Пуще прежнего смущённый добротой нового знакомого, Максим кивнул.
Он примет предложение Кусманчика. В конечном итоге, и ему, Максиму, нужно отдохнуть и восстановить силы. А если друг предлагает помощь, хотя бы и такую, грех отказываться.
«Чёртов вирус! Как ты всё поменял, извратил!.. Но тебе не удастся лишить людей того, что им свойственно с момента зачатия человеческой расы, – души!»
И он припал жадными, голодными зубами к боку Кусманчика. Почувствовал свежее мясо, кровь… Главное, не сойти с ума от этого впечатления.
Прежде чем прикрыть от наслаждения глаза, Максим заметил, как их закрыл веками Кусманчик. Даже если ему было больно, тот никак этого не выдал: не вскрикнул, не вздрогнул…
Максиму было хорошо, а это – лучшее состояние, лучшее ощущение перед тем, как идти на важное и рискованное дело. Смертельно опасное. Но – необходимое, неизбежное. Перед тем как идти на месть.
Он найдёт Разумовского. И уничтожит. Отплатит той же монетой. Разрушит его жизнь и заставит умирать, медленно, мучительно. И через это обретёт спасение и спокойствие, и наконец всё – абсолютно всё! – вспомнит.
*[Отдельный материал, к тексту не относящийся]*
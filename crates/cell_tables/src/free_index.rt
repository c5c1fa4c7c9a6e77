//! The free cells of a heap by place: which is the lowest that holds that many bytes, and which is the
//! last before a place. It takes no memory but in `of`, `copy` and `grow`.
//!
//! The sizes are lent by whoever asks (`Numbers`): for each slot of eight bytes the size of the free cell
//! that begins there, or 0. Kept is the greatest size of each page of 512 slots. A search looks at these,
//! and at the slots of two pages at most: for 16 MiB at 4096 numbers and 1024 slots, however many cells there are.

mod index;
mod search;

pub use index::FreeIndex;
pub use search::Numbers;
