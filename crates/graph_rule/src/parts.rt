//! What nodes and edges are made of, with names to look up.

ghost use Rattle.std.specs.Prelude.{◌≡◌, ◌++◌, filter, length, not, slice_get, IfOk, OnOk};
ghost use Rattle.std.specs.List.{filter_map, flat_map, range_with_len};
ghost use Rattle.std.specs.Option.{is_some, option_and_then, option_copied, option_to_list};
ghost use Rattle.start_model.specs.Entries.{Entry as Item};
ghost use Rattle.why_needs.specs.why_state.States.{place_in};
ghost use Rattle.why_needs.specs.why_state.Views.{names_of};
ghost use Rattle.graph_rule.specs.Rows.{missing_names, group_names, grouped_at, members_of, members_in, parts_by};

use crate::names::{first_names, names_of, push_names};
use crate::nodes::entry_nodes;
use answer_lines::graph_lines::GraphNodes;
use boot_phases::service_entries::{Entries, Entry};
use nt_bytes::{Names, Row, Units};
use nt_names::name_places::NamePlaces;
use std::alloc::{AllocError, Global};
use why_needs::why_state::ViewedRun;

/// Entries that have a group, by their places, and these groups, each found without a scan.
#[derive(Drop)]
pub(crate) struct GroupEntries {
    pub(crate) at: Row<usize>,
    pub(crate) groups: NamePlaces,
}

/// What nodes and edges are made of.
#[derive(Drop)]
pub(crate) struct GraphParts {
    pub(crate) entries: Entries,
    /// The nodes of the entries.
    pub(crate) nodes: GraphNodes,
    /// The names of the entries.
    pub(crate) names: NamePlaces,
    /// The names without an entry.
    pub(crate) missing: NamePlaces,
    /// The groups that entries need.
    pub(crate) groups: NamePlaces,
    /// The entries that have a group.
    pub(crate) members: GroupEntries,
}

// ---- names without an entry

/// The names that entries need.
fn needed_names(alloc: Global, entries: &[Entry]) -> Result<Names, AllocError>
    ensures { IfOk result (λ names. names ≡ flat_map (λ (e : Item). e.services) entries.now) }
{
    let mut names = Names::new(alloc);
    for entry in entries {
        push_names(alloc, entry.services.as_slice(), &mut names)?;
    }
    Ok(names)
}

/// The name that is asked for, if one is.
fn asked_names(alloc: Global, of: Option<&Units>) -> Result<Names, AllocError>
    ensures { IfOk result (λ names. names ≡ option_to_list (option_copied of.entry)) }
{
    let mut names = Names::new(alloc);
    match of {
        Some(name) => names.push(name.copy(alloc)?)?,
        None => {}
    }
    Ok(names)
}

fn has(names: &NamePlaces, name: &Units) -> bool
    ensures { result ≡ is_some (place_in names.now name.now) }
{
    names.place_of(name.as_slice()).is_some()
}

/// Those of the names that are not among the others.
fn without(alloc: Global, names: &[Units], others: &NamePlaces) -> Result<Names, AllocError>
    ensures { IfOk result (λ out. out ≡ filter (λ name. not (is_some (place_in others.now name))) names.now) }
{
    let mut out = Names::new(alloc);
    for name in names {
        if !has(others, name) {
            out.push(name.copy(alloc)?)?;
        }
    }
    Ok(out)
}

/// The names that have no entry.
fn missing_names(
    alloc: Global,
    entries: &[Entry],
    names: &NamePlaces,
    of: Option<&Units>,
) -> Result<Names, AllocError>
    ensures { IfOk result (λ out. out ≡ missing_names entries.now names.now (option_copied of.entry)) }
{
    let mut wanted = asked_names(alloc, of)?;
    let needed = needed_names(alloc, entries)?;
    push_names(alloc, needed.as_slice(), &mut wanted)?;
    first_names(alloc, without(alloc, wanted.as_slice(), names)?)
}

// ---- groups

/// The groups that entries need, each time that one does.
fn needed_groups(alloc: Global, entries: &[Entry]) -> Result<Names, AllocError>
    ensures { IfOk result (λ names. names ≡ flat_map (λ (e : Item). e.groups) entries.now) }
{
    let mut names = Names::new(alloc);
    for entry in entries {
        push_names(alloc, entry.groups.as_slice(), &mut names)?;
    }
    Ok(names)
}

fn group_names(alloc: Global, entries: &[Entry]) -> Result<Names, AllocError>
    ensures { IfOk result (λ names. names ≡ group_names entries.now) }
{
    first_names(alloc, needed_groups(alloc, entries)?)
}

/// The group of the entry at a place.
fn group_at(entries: &[Entry], at: usize) -> Option<&Units>
    ensures { option_copied result ≡ option_and_then (λ (e : Item). e.group) (slice_get entries.now at) }
{
    match entries.get(at) {
        Some(entry) => entry.group.as_ref(),
        None => None,
    }
}

fn push_grouped(entries: &[Entry], at: usize, out: &mut Row<usize>) -> Result<(), AllocError>
    ensures { OnOk result (out.new ≡ out.old ++ option_to_list (grouped_at entries.now at)) }
{
    match group_at(entries, at) {
        Some(_) => out.push(at),
        None => Ok(()),
    }
}

/// The places of the entries that have a group.
fn grouped_places(alloc: Global, entries: &[Entry]) -> Result<Row<usize>, AllocError>
    ensures { IfOk result (λ out. out ≡ filter_map (grouped_at entries.now) (range_with_len 0 (length entries.now))) }
{
    let mut out = Row::new(alloc);
    for at in 0..entries.len() {
        push_grouped(entries, at, &mut out)?;
    }
    Ok(out)
}

/// Puts the group of an entry after the others, where it has one.
fn push_group(alloc: Global, entry: &Entry, names: &mut Names) -> Result<(), AllocError>
    ensures { OnOk result (names.new ≡ names.old ++ option_to_list entry.now.group) }
{
    match &entry.group {
        Some(group) => names.push(group.copy(alloc)?),
        None => Ok(()),
    }
}

/// The groups of the entries that have one.
fn groups_of(alloc: Global, entries: &[Entry]) -> Result<Names, AllocError>
    ensures { IfOk result (λ names. names ≡ filter_map (λ (e : Item). e.group) entries.now) }
{
    let mut names = Names::new(alloc);
    for entry in entries {
        push_group(alloc, entry, &mut names)?;
    }
    Ok(names)
}

fn members_of(alloc: Global, entries: &[Entry]) -> Result<GroupEntries, AllocError>
    ensures { IfOk result (λ members. members ≡ members_of entries.now) }
{
    Ok(GroupEntries {
        at: grouped_places(alloc, entries)?,
        groups: NamePlaces::new(alloc, groups_of(alloc, entries)?)?,
    })
}

fn place_at(places: &Row<usize>, at: usize) -> Option<usize>
    ensures { result ≡ slice_get places.now at }
{
    places.get(at).copied()
}

fn push_place(places: &Row<usize>, at: usize, out: &mut Row<usize>) -> Result<(), AllocError>
    ensures { OnOk result (out.new ≡ out.old ++ option_to_list (slice_get places.now at)) }
{
    match place_at(places, at) {
        Some(place) => out.push(place),
        None => Ok(()),
    }
}

fn places_at(alloc: Global, places: &Row<usize>, at: &[usize]) -> Result<Row<usize>, AllocError>
    ensures { IfOk result (λ out. out ≡ filter_map (slice_get places.now) at.now) }
{
    let mut out = Row::new(alloc);
    for place in at {
        push_place(places, *place, &mut out)?;
    }
    Ok(out)
}

/// The entries of a group, by their places.
pub(crate) fn members_in(
    alloc: Global,
    members: &GroupEntries,
    group: &[u16],
) -> Result<Row<usize>, AllocError>
    ensures { IfOk result (λ out. out ≡ members_in members.now group.now) }
{
    places_at(alloc, &members.at, members.groups.places(group))
}

// ---- all parts

/// The names of the entries, and those that have no entry.
fn named(
    alloc: Global,
    entries: &[Entry],
    of: Option<&Units>,
) -> Result<(NamePlaces, NamePlaces), AllocError>
    ensures names { IfOk result (λ r. r.0 ≡ names_of entries.now) }
    ensures missing { IfOk result (λ r. r.1 ≡ missing_names entries.now (names_of entries.now) (option_copied of.entry)) }
{
    let names = NamePlaces::new(alloc, names_of(alloc, entries)?)?;
    let missing = NamePlaces::new(alloc, missing_names(alloc, entries, &names, of)?)?;
    Ok((names, missing))
}

/// The groups that entries need, and the entries that have one.
fn grouped(alloc: Global, entries: &[Entry]) -> Result<(NamePlaces, GroupEntries), AllocError>
    ensures groups { IfOk result (λ r. r.0 ≡ group_names entries.now) }
    ensures members { IfOk result (λ r. r.1 ≡ members_of entries.now) }
{
    let groups = NamePlaces::new(alloc, group_names(alloc, entries)?)?;
    let members = members_of(alloc, entries)?;
    Ok((groups, members))
}

/// The parts of a start's graph by its entries.
pub(crate) fn parts(
    alloc: Global,
    run: &ViewedRun,
    of: Option<&Units>,
    entries: Entries,
) -> Result<GraphParts, AllocError>
    ensures { IfOk result (λ parts. parts ≡ parts_by run.now (option_copied of.entry) entries) }
{
    let nodes = entry_nodes(alloc, run, entries.as_slice())?;
    let (names, missing) = named(alloc, entries.as_slice(), of)?;
    let (groups, members) = grouped(alloc, entries.as_slice())?;
    Ok(GraphParts {
        entries,
        nodes,
        names,
        missing,
        groups,
        members,
    })
}
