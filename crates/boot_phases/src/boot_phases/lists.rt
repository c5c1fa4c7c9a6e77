//! What plans take from a control set, read once.

ghost use Rattle.std.specs.Prelude.{◌≡◌, ◌<◌, ◌^◌, length, slice_get, IfOk};
ghost use Rattle.std.specs.Option.{option_map};
ghost use Rattle.hive_model.specs.Valid.{HoldsKeys};
ghost use Rattle.boot_phases.specs.service_entries.Named.{IsOnlyPlace};
ghost use Rattle.boot_phases.specs.service_entries.Started.{with_start_at};
ghost use Rattle.boot_phases.specs.boot_phases.Lists.{lists_of, plan_among};
ghost use Rattle.boot_phases.specs.boot_phases.Phases.{phase_in};

use crate::boot_phases::phase::Phase;
use crate::boot_phases::planning::plan_copied;
use crate::group_order::{Orders, read_orders};
use crate::service_entries::{Entries, ServiceTable, entries};
use nt_bytes::Units;
use reg_tree::Key;
use std::alloc::{AllocError, Global};
use std::marker::Model;

/// The services of a control set, and its groups with their tags. Contracts see both.
#[derive(Drop)]
pub struct SetLists {
    pub(crate) table: ServiceTable,
    pub(crate) orders: Orders,
}

impl Model for SetLists {
    ghost use Rattle.std.specs.Prelude.{◌<◌, ◌^◌, length};
    ghost use Rattle.boot_phases.specs.boot_phases.Lists.{Lists};

    ghost Value = { Lists };

    ghost view = { λ a. record { entries = a.table; orders = a.orders } };

    ghost invariant = { λ a. length a.table < 2 ^ 32 };
}

impl SetLists {
    /// Those of a set.
    pub fn read(alloc: Global, set: &Key) -> Result<SetLists, AllocError>
        requires { HoldsKeys set.now }
        ensures { IfOk result (λ lists. lists ≡ lists_of set.now) }
    {
        let table = entries(alloc, set)?;
        let orders = read_orders(alloc, set)?;
        Ok(SetLists { table, orders })
    }

    /// What a phase takes, in its order, as `plan` of the set does. An entry is copied where it is taken.
    pub fn plan(&self, alloc: Global, phase: Phase, tried: &[Units]) -> Result<Entries, AllocError>
        ensures plan { IfOk result (λ p. p ≡ plan_among self.now (phase_in phase) tried.now) }
        ensures few { IfOk result (λ p. length p < 2 ^ 32) }
    {
        match phase {
            Phase::Done => Ok(Entries::new(alloc)),
            Phase::Boot | Phase::System | Phase::Automatic => {
                plan_copied(alloc, &self.table, &self.orders, phase, tried)
            }
        }
    }

    /// The place of the entry of this name, whatever the case of its letters, or none where no entry has it.
    pub fn place_of(&self, alloc: Global, name: &[u16]) -> Result<Option<u32>, AllocError>
        ensures { IfOk result (IsOnlyPlace name.now self.now.entries) }
    {
        self.table.place_of(alloc, name)
    }

    /// Puts another `Start` in the entry at a place, and answers the one that it had; nothing is done where no entry stands there.
    pub fn put_start(&mut self, place: u32, start: u32) -> Option<u32>
        ensures before { result ≡ option_map (λ e. e.start) (slice_get self.old.entries place) }
        ensures after { self.new ≡ record self.old { entries = with_start_at self.old.entries place start } }
    {
        self.table.put_start(place, start)
    }
}
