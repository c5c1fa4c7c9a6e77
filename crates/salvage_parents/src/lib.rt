//! The children of a damaged hive's keys that no list names, but that name their parents.
//!
//! `salvage_by_parents` salvages a tree as `salvage_tree` does, and then goes through the keys of which children may be missing. A
//! key node that is not in use and names such a key as its parent is one more child of it. Rules: regf format 1.3 and 1.5, key node;
//! that such children are looked for, and in which order, is this project's own.
#![tactic(auto)]

mod arranging;
mod draft;
mod index;
mod search;

pub use search::{ParentLine, SearchedTree, salvage_by_parents};
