//! Which part of the graph is shown.

ghost use Rattle.std.specs.Prelude.{◌≡◌, ◌<◌, map, length, nat_eq, ◌||◌, IfOk, IfSome};
ghost use Rattle.std.specs.List.{list_any, range_with_len};
ghost use Rattle.start_model.specs.Demand.{member};
ghost use Rattle.wait_cycles.specs.Graph.{AreEdges, IsInverse, row_at};
ghost use Rattle.graph_rule.specs.Shown.{is_entry, is_taken, is_shown_of_all, is_shown_about, marks_of};

use crate::rows::is_untaken;
use crate::whole::WholeGraph;
use answer_lines::graph_lines::{GraphNode, NodeKind};
use nt_bytes::Row;
use std::alloc::{AllocError, Global};
use wait_cycles::inverse::inverse;
use wait_cycles::reach::reach;

fn is_entry(kind: NodeKind) -> bool
    ensures { result ≡ is_entry kind }
{
    match kind {
        NodeKind::Entry => true,
        NodeKind::Missing => false,
        NodeKind::Group => false,
    }
}

/// Whether the vertex is an entry that is not untaken.
fn is_taken(nodes: &[GraphNode], at: usize) -> bool
    ensures { result ≡ is_taken nodes.now at }
{
    match nodes.get(at) {
        Some(node) => is_entry(node.kind) && !is_untaken(node.state),
        None => false,
    }
}

/// The list at a vertex.
pub(crate) fn row_at(rows: &[Row<usize>], at: usize) -> &[usize]
    ensures { result.now ≡ row_at rows.now at }
{
    match rows.get(at) {
        Some(row) => row.as_slice(),
        None => &[],
    }
}

fn is_any_taken(nodes: &[GraphNode], row: &[usize]) -> bool
    ensures { result ≡ list_any (is_taken nodes.now) row.now }
{
    row.iter().any(|at| is_taken(nodes, *at))
}

/// Whether a vertex is shown where no name is asked for, by the edges turned round.
fn is_shown(nodes: &[GraphNode], back: &[Row<usize>], at: usize) -> bool
    ensures { result ≡ (is_taken nodes.now at || list_any (is_taken nodes.now) (row_at back.now at)) }
{
    is_taken(nodes, at) || is_any_taken(nodes, row_at(back, at))
}

/// Which vertices are shown where no name is asked for.
fn marks_of_all(
    alloc: Global,
    nodes: &[GraphNode],
    rows: &[Row<usize>],
    back: &[Row<usize>],
) -> Result<Vec<bool>, AllocError>
    requires { IsInverse rows.now back.now }
    ensures { IfOk result (λ marks. marks.items ≡ map (is_shown_of_all nodes.now rows.now) (range_with_len 0 (length rows.now))) }
{
    let mut marks = Vec::new(alloc);
    for at in 0..rows.len() {
        marks.push(is_shown(nodes, back, at))?;
    }
    Ok(marks)
}

fn is_marked(marks: &[bool], at: usize) -> bool
    ensures { result ≡ member marks.now at }
{
    match marks.get(at) {
        Some(mark) => *mark,
        None => false,
    }
}

/// Whether the vertex is this one, or is marked on the one side or the other.
fn is_about(start: usize, on: &[bool], to: &[bool], at: usize) -> bool
    ensures { result ≡ (nat_eq start at || (member on.now at || member to.now at)) }
{
    start == at || (is_marked(on, at) || is_marked(to, at))
}

/// Which vertices are shown by what is marked on the one side and on the other.
fn either(
    alloc: Global,
    start: usize,
    on: &[bool],
    to: &[bool],
    count: usize,
) -> Result<Vec<bool>, AllocError>
    ensures { IfOk result (λ marks. marks.items ≡ map (λ at. nat_eq start at || (member on.now at || member to.now at)) (range_with_len 0 count)) }
{
    let mut marks = Vec::new(alloc);
    for at in 0..count {
        marks.push(is_about(start, on, to, at))?;
    }
    Ok(marks)
}

/// Which vertices are shown where the name of this one is asked for.
fn marks_about(
    alloc: Global,
    rows: &[Row<usize>],
    back: &[Row<usize>],
    start: usize,
) -> Result<Vec<bool>, AllocError>
    requires edges { AreEdges rows.now }
    requires back { IsInverse rows.now back.now }
    requires start { start < length rows.now }
    ensures { IfOk result (λ marks. marks.items ≡ map (is_shown_about rows.now start) (range_with_len 0 (length rows.now))) }
{
    let on = reach(alloc, rows, start)?;
    let to = reach(alloc, back, start)?;
    either(alloc, start, on.as_slice(), to.as_slice(), rows.len())
}

/// Which vertices are shown. Takes time linear in the edges.
pub(crate) fn marks_of(alloc: Global, whole: &WholeGraph) -> Result<Vec<bool>, AllocError>
    requires edges { AreEdges whole.now.rows }
    requires start { IfSome whole.now.start (λ s. s < length whole.now.rows) }
    ensures { IfOk result (λ marks. marks.items ≡ marks_of whole.now whole.now.start) }
{
    let rows = whole.rows.as_slice();
    let back = inverse(alloc, rows)?;
    match whole.start {
        None => marks_of_all(alloc, whole.nodes.as_slice(), rows, back.as_slice()),
        Some(start) => marks_about(alloc, rows, back.as_slice(), start),
    }
}
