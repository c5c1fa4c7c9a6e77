//! The phases of a start.

ghost use Rattle.std.specs.Prelude.{◌≡◌};
ghost use Rattle.start_model.specs.Order.{tags_count_in};
ghost use Rattle.boot_phases.specs.boot_phases.Phases.{phase_in};

/// The phases of a start, in their order. In the last one nothing is taken.
#[derive(Clone, Copy, Debug, PartialEq, Eq)]
pub enum Phase {
    /// Drivers of Start 0.
    Boot,
    /// Drivers of Start 1.
    System,
    /// Drivers and services of Start 2, and those of Start 3 that they need.
    Automatic,
    /// All phases are over.
    Done,
}

/// Whether tags count in the order of the phase.
pub(crate) fn tags_count(phase: Phase) -> bool
    ensures { result ≡ tags_count_in (phase_in phase) }
{
    match phase {
        Phase::Boot | Phase::System => true,
        Phase::Automatic | Phase::Done => false,
    }
}
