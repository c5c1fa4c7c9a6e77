//! All nodes and edges, shown or not.

ghost use Rattle.std.specs.Prelude.{◌≡◌, ◌<◌, ◌++◌, length, map, IfOk, IfSome, OnOk};
ghost use Rattle.std.specs.List.{list_any};
ghost use Rattle.std.specs.Option.{option_and_then, option_copied};
ghost use Rattle.hive_model.specs.Valid.{HoldsKeys};
ghost use Rattle.wait_cycles.specs.Graph.{AreEdges};
ghost use Rattle.graph_rule.specs.Nodes.{missing_node, group_node as Grouped};
ghost use Rattle.graph_rule.specs.Rows.{name_vertex, is_started, is_started_at, group_state, nodes_of, whole_by, whole_of};

use crate::entries::entries_in;
use crate::nodes::{group_node, missing_node};
use crate::parts::{GraphParts, members_in, parts};
use crate::rows::{VertexRows, name_vertex, rows_of};
use answer_lines::graph_lines::{GraphNode, GraphNodes, NodeState};
use nt_bytes::Units;
use nt_names::name_places::NamePlaces;
use std::alloc::{AllocError, Global};
use why_needs::why_state::ViewedRun;

/// All nodes and edges.
#[derive(Drop)]
pub(crate) struct WholeGraph {
    /// The nodes of the vertices.
    pub(crate) nodes: GraphNodes,
    /// What each vertex leads to.
    pub(crate) rows: VertexRows,
    /// The vertex of the name that is asked for.
    pub(crate) start: Option<usize>,
}

// ---- nodes

fn is_started(state: NodeState) -> bool
    ensures { result ≡ is_started state }
{
    match state {
        NodeState::Started => true,
        NodeState::Failed => false,
        NodeState::Unmet => false,
        NodeState::NotReached => false,
        NodeState::Untaken => false,
        NodeState::NoEntry => false,
    }
}

fn is_started_at(nodes: &[GraphNode], at: usize) -> bool
    ensures { result ≡ is_started_at nodes.now at }
{
    match nodes.get(at) {
        Some(node) => is_started(node.state),
        None => false,
    }
}

fn is_any_started(nodes: &[GraphNode], places: &[usize]) -> bool
    ensures { result ≡ list_any (is_started_at nodes.now) places.now }
{
    places.iter().any(|at| is_started_at(nodes, *at))
}

fn group_state(alloc: Global, parts: &GraphParts, group: &Units) -> Result<NodeState, AllocError>
    ensures { IfOk result (λ state. state ≡ group_state parts.now group.now) }
{
    let members = members_in(alloc, &parts.members, group.as_slice())?;
    if is_any_started(parts.nodes.as_slice(), members.as_slice()) {
        Ok(NodeState::Started)
    } else {
        Ok(NodeState::Unmet)
    }
}

fn push_missing(alloc: Global, names: &[Units], nodes: &mut GraphNodes) -> Result<(), AllocError>
    ensures { OnOk result (nodes.new ≡ nodes.old ++ map missing_node names.now) }
{
    for name in names {
        nodes.push(missing_node(alloc, name)?)?;
    }
    Ok(())
}

fn stated_group(alloc: Global, parts: &GraphParts, group: &Units) -> Result<GraphNode, AllocError>
    ensures { IfOk result (λ node. node ≡ Grouped (group_state parts.now group.now) group.now) }
{
    let state = group_state(alloc, parts, group)?;
    group_node(alloc, state, group)
}

/// The nodes of the groups.
fn group_nodes(alloc: Global, parts: &GraphParts) -> Result<GraphNodes, AllocError>
    ensures { IfOk result (λ nodes. nodes ≡ map (λ group. Grouped (group_state parts.now group) group) parts.now.groups) }
{
    let mut nodes = GraphNodes::new(alloc);
    for group in parts.groups.as_slice() {
        nodes.push(stated_group(alloc, parts, group)?)?;
    }
    Ok(nodes)
}

/// Puts the nodes after the others.
fn push_all(more: GraphNodes, nodes: &mut GraphNodes) -> Result<(), AllocError>
    ensures { OnOk result (nodes.new ≡ nodes.old ++ more) }
{
    for node in more.into_vec() {
        nodes.push(node)?;
    }
    Ok(())
}

/// The nodes of the entries, and the names without an entry.
fn split(parts: GraphParts) -> (GraphNodes, NamePlaces)
    ensures nodes { result.0 ≡ parts.nodes }
    ensures missing { result.1 ≡ parts.missing }
{
    (parts.nodes, parts.missing)
}

fn nodes_of(alloc: Global, parts: GraphParts) -> Result<GraphNodes, AllocError>
    ensures { IfOk result (λ nodes. nodes ≡ nodes_of parts) }
{
    let groups = group_nodes(alloc, &parts)?;
    let (mut nodes, missing) = split(parts);
    push_missing(alloc, missing.as_slice(), &mut nodes)?;
    push_all(groups, &mut nodes)?;
    Ok(nodes)
}

// ---- the whole

/// The vertex of the name that is asked for.
fn start_in(parts: &GraphParts, of: Option<&Units>) -> Result<Option<usize>, AllocError>
    ensures { IfOk result (λ start. start ≡ option_and_then (name_vertex parts.now) (option_copied of.entry)) }
{
    match of {
        Some(name) => name_vertex(parts, name.as_slice()),
        None => Ok(None),
    }
}

fn whole_by(alloc: Global, parts: GraphParts, of: Option<&Units>) -> Result<WholeGraph, AllocError>
    ensures { IfOk result (λ whole. whole ≡ whole_by parts (option_copied of.entry)) }
{
    let rows = rows_of(alloc, &parts, of)?;
    let start = start_in(&parts, of)?;
    let nodes = nodes_of(alloc, parts)?;
    Ok(WholeGraph { nodes, rows, start })
}

/// All nodes and edges of a start, with the vertex of the name that is asked for.
#[tactic(auto, unfolding(crate::specs::Rows::whole_of))]
pub(crate) fn whole_of(
    alloc: Global,
    run: &ViewedRun,
    of: Option<&Units>,
) -> Result<WholeGraph, AllocError>
    requires { HoldsKeys run.now.run.set }
    ensures exact { IfOk result (λ whole. whole ≡ whole_of run.now (option_copied of.entry)) }
    ensures edges { IfOk result (λ whole. AreEdges whole.rows) }
    ensures start { IfOk result (λ whole. IfSome whole.start (λ s. s < length whole.rows)) }
{
    let entries = entries_in(alloc, run)?;
    let parts = parts(alloc, run, of, entries)?;
    whole_by(alloc, parts, of)
}
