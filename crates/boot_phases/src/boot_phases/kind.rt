//! What an entry is, by its Type.

ghost use Rattle.std.specs.Prelude.{◌≡◌};
ghost use Rattle.start_model.specs.Entries.{is_driver, is_service};

/// Whether this Type is that of a driver.
pub(crate) fn is_driver(kind: u32) -> bool
    ensures { result ≡ is_driver kind }
{
    kind & 0x0b != 0
}

/// Whether this Type is that of a service.
pub(crate) fn is_service(kind: u32) -> bool
    ensures { result ≡ is_service kind }
{
    kind & 0x30 != 0 && kind & 0x0b == 0
}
Он вернёт себе потерянную жизнь. Вернёт через смерть.
Левое предплечье Максима, там, где его подрал оживший мертвец – или кто была эта тварь? – обожгло внезапным приступом боли, но бездомный, погружённый в нахлынувшие волной мечтания и долгожданное, хоть и сиюминутное счастье, не обратил на это внимания.
Глава 11
Среда
Припарковавшись на улице О, Герер и Вольский вошли в ломбард.
Снаружи он ничем не выделялся на фоне остальных многочисленных ломбардов, которые довелось видеть полицейским. Когда коллеги оказались внутри, их ощущения не изменились. Типичный ломбард: тесный, бесшумный и пропитанный ощущением денег, причём денег, заработанных преимущественно нечестно. Такие деньги легко получить, но ещё легче потерять, и ломбард мог помочь клиенту как в первом, так и во втором случае. Никому не хотелось проблем с законом, поэтому владельцы ломбардов предпочитали работать честно. Или делать вид, что они честны перед различными кодексами, в том числе уголовным. Однако «деньги делают деньги», и чем больше ты их сделал, тем больше тебе хочется. Следовательно, разрешено всё то, что не запрещено – и не замечено. Кради – но будь предельно осторожен и насторожен. По крайней мере, подобные мысли навевал именно этот ломбард.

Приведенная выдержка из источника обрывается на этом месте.